San Francisco Spent A Decade Being Rich, Important, And Hating Itself.

When he became the mayor of San Francisco in January 2011, Ed Lee presented himself as a compromise figure, one who could build consensus among the ever-warring factions of the city’s Democratic party. “I present myself to you as a mayor for everyone,” he said at the time. “A mayor for neighborhoods, a mayor for downtown, for business, for labor, for the powerless and the powerful, for the left, the right, and everyone in between — for everyone.”

In 2010, during the trough of the Great Recession, the regional unemployment rate reached 10.5%. So the next year Lee and the Board of Supervisors (San Francisco’s name for its city council) passed what became known as the Twitter tax break, an exemption on payroll taxes for new employees for six years. At the time it was estimated the legislation would save the company $22 million, in exchange for which it abandoned a threat to leave town for the valley, and moved to the offices it still occupies today, a stately building on the corner of Market and 10th streets.

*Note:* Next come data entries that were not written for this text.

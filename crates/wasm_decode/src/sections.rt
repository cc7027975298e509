// Sections (WebAssembly 1.0, sections 5.5.2, 5.5.3 and 5.5.15).
ghost use Rattle.std.specs.Prelude.{◌≡◌, [], None, map, option_map};
ghost use Rattle.wasm_types.specs.Modules.{func};
ghost use Rattle.wasm_decode.specs.inside.Decoding.{DecodesTo, DecodesAll, PassesOver};
ghost use Rattle.wasm_decode.specs.Values.{vector_at, whole_read, sized_at};
ghost use Rattle.wasm_decode.specs.Entries.{start_at, code_at};
ghost use Rattle.wasm_decode.specs.Sections.{custom_name_of, starts_with_byte, customs_at, contents_at, section_at, header_at};

use crate::error::DecodeError;
use crate::functions::code;
use crate::numbers::{byte, end, number};
use crate::vectors::{Entry, byte_vector, utf8_name, vector};
use fri_bytes::Cursor;
use std::alloc::Global;
use wasm_types::Func;

/// `\0asm` and the version.
const HEADER: [u8; 8] = [0x00, 0x61, 0x73, 0x6d, 0x01, 0x00, 0x00, 0x00];

#[tactic(auto, unfolding(crate::specs::Sections::header_at))]
pub(crate) fn header(cursor: &mut Cursor) -> Result<(), DecodeError>
    ensures { PassesOver result cursor.new (header_at cursor.old.left) }
{
    if !cursor.rest().starts_with(&HEADER) {
        return Err(DecodeError::Malformed);
    }
    cursor.take(8).ok_or(DecodeError::Malformed)?;
    Ok(())
}

/// The name at the front of a custom section's contents. What follows it is ignored.
#[tactic(auto, unfolding(crate::specs::Sections::custom_name_of))]
fn custom_name(contents: &[u8]) -> Result<&[u8], DecodeError>
    ensures { DecodesAll (λ name. name.now) result (custom_name_of contents.now) }
{
    let mut cursor = Cursor::new(contents);
    utf8_name(&mut cursor)
}

/// A custom section after its id.
#[tactic(auto, unfolding(crate::specs::Values::sized_at))]
fn custom<'a>(cursor: &mut Cursor<'a>) -> Result<&'a [u8], DecodeError>
    ensures { DecodesTo (λ name. name.now) result cursor.new (sized_at custom_name_of cursor.old.left) }
{
    let contents = byte_vector(cursor)?;
    custom_name(contents)
}

/// Whether this byte is the next one.
fn is_next(cursor: &Cursor, byte: u8) -> bool
    ensures { result ≡ starts_with_byte byte cursor.now.left }
{
    match cursor.rest() {
        [first, ..] => *first == byte,
        [] => false,
    }
}

/// Passes over custom sections.
pub(crate) fn customs(cursor: &mut Cursor) -> Result<(), DecodeError>
    ensures { PassesOver result cursor.new (customs_at cursor.old.left) }
{
    fri_bytes::laws::exact_readers();
    while is_next(cursor, 0) {
        byte(cursor)?;
        custom(cursor)?;
    }
    Ok(())
}

/// The contents of the section with this id, after custom sections, or nothing where it is absent.
#[tactic(auto, unfolding(crate::specs::Sections::contents_at))]
fn contents<'a>(cursor: &mut Cursor<'a>, id: u8) -> Result<Option<&'a [u8]>, DecodeError>
    ensures { DecodesTo (option_map (λ contents. contents.now)) result cursor.new (contents_at id cursor.old.left) }
{
    customs(cursor)?;
    if !is_next(cursor, id) {
        return Ok(None);
    }
    byte(cursor)?;
    Ok(Some(byte_vector(cursor)?))
}

/// The vector that all of the bytes spell.
#[tactic(auto, unfolding(crate::specs::Values::whole_read))]
fn whole_vector<E: Entry>(alloc: Global, contents: &[u8]) -> Result<Vec<E::Value>, DecodeError>
    ensures { DecodesAll (λ v. map E.view v.items) result (whole_read (vector_at E.read_at) contents.now) }
{
    let mut cursor = Cursor::new(contents);
    let found = vector::<E>(alloc, &mut cursor)?;
    end(&cursor)?;
    Ok(found)
}

/// The vector in the section with this id, which is empty where the section is absent.
#[tactic(auto, unfolding(crate::specs::Sections::section_at))]
pub(crate) fn section<E: Entry>(
    alloc: Global,
    cursor: &mut Cursor,
    id: u8,
) -> Result<Vec<E::Value>, DecodeError>
    ensures { DecodesTo (λ v. map E.view v.items) result cursor.new (section_at id [] (vector_at E.read_at) cursor.old.left) }
{
    match contents(cursor, id)? {
        Some(contents) => whole_vector::<E>(alloc, contents),
        None => Ok(Vec::new(alloc)),
    }
}

#[tactic(auto, unfolding(crate::specs::Values::whole_read, crate::specs::Entries::start_at))]
fn whole_start(contents: &[u8]) -> Result<Option<u32>, DecodeError>
    ensures { DecodesAll (λ func. func) result (whole_read start_at contents.now) }
{
    let mut cursor = Cursor::new(contents);
    let func = number(&mut cursor)?;
    end(&cursor)?;
    Ok(Some(func))
}

/// The start section (section 5.5.11).
#[tactic(auto, unfolding(crate::specs::Sections::section_at))]
pub(crate) fn start_section(cursor: &mut Cursor) -> Result<Option<u32>, DecodeError>
    ensures { DecodesTo (λ func. func) result cursor.new (section_at 8 None start_at cursor.old.left) }
{
    match contents(cursor, 8)? {
        Some(contents) => whole_start(contents),
        None => Ok(None),
    }
}

#[tactic(auto, unfolding(crate::specs::Values::whole_read))]
fn whole_code(alloc: Global, contents: &[u8], indices: &[u32]) -> Result<Vec<Func>, DecodeError>
    ensures { DecodesAll (λ v. map func v.items) result (whole_read (code_at indices.now) contents.now) }
{
    let mut cursor = Cursor::new(contents);
    let funcs = code(alloc, &mut cursor, indices)?;
    end(&cursor)?;
    Ok(funcs)
}

/// The code section, whose functions have the types with these indices.
#[tactic(auto, unfolding(crate::specs::Sections::section_at))]
pub(crate) fn code_section(
    alloc: Global,
    cursor: &mut Cursor,
    indices: &[u32],
) -> Result<Vec<Func>, DecodeError>
    ensures { DecodesTo (λ v. map func v.items) result cursor.new (section_at 10 [] (code_at indices.now) cursor.old.left) }
{
    match contents(cursor, 10)? {
        Some(contents) => whole_code(alloc, contents, indices),
        None => Ok(Vec::new(alloc)),
    }
}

For a moment, the Twitter tax break seemed as if it would make good on Lee’s promise to bring the city together.

The deal united members of the moderate wing of San Francisco’s Democratic Party with the progressives. It lured not just Twitter but several other tech companies, including customer service software maker Zendesk, to locate in a seedy part of San Francisco, better known for drug dealers than disruptors. When he unexpectedly ran for reelection in 2011, Lee’s allies cut a deeply goofy, but not unfunny campaign video featuring Facebook’s Sean Parker, Twitter’s Biz Stone, and Yahoo’s Marissa Mayer, Giants pitcher Brian Wilson, and rapper MC Hammer.

Lee won in a rout, but the era of good feelings was short-lived.

In October 2012, San Francisco magazine ran a story by Salon founder David Talbot that posed the question that would dominate the rest of the decade. The title of the story said it all: “How Much Tech Can One City Take?

Talbot’s answer: as little as possible.

“The unique urban features that have made San Francisco so appealing to a new generation of digital workers — its artistic ferment, its social diversity, its trailblazing progressive consciousness — are deteriorating, driven out of the city by the tech boom itself, and the rising real estate prices that go with it,” he wrote, adding, “And it’s not just about housing. Many San Franciscans don’t feel as if they’re benefiting from the boom in any way. While 23-year-olds are becoming instant millionaires and the rest of the digital technocracy seek out gourmet restaurants and artisanal bars, a good portion of the city watches from the sidelines, feeling left out and irrelevant.”

The progressive narrative hardened from there: Lee, desperate to attract businesses, had sold out the city to high-tech, throwing open the gates to every “Stanford asshole” (as Talbot would later put it) with a pulse and a business plan. Enter stock options, exit the soul of the city.

It was only a little more than a year later, in December 2013, that the next front in the local war against tech would open — this one covered in vomit.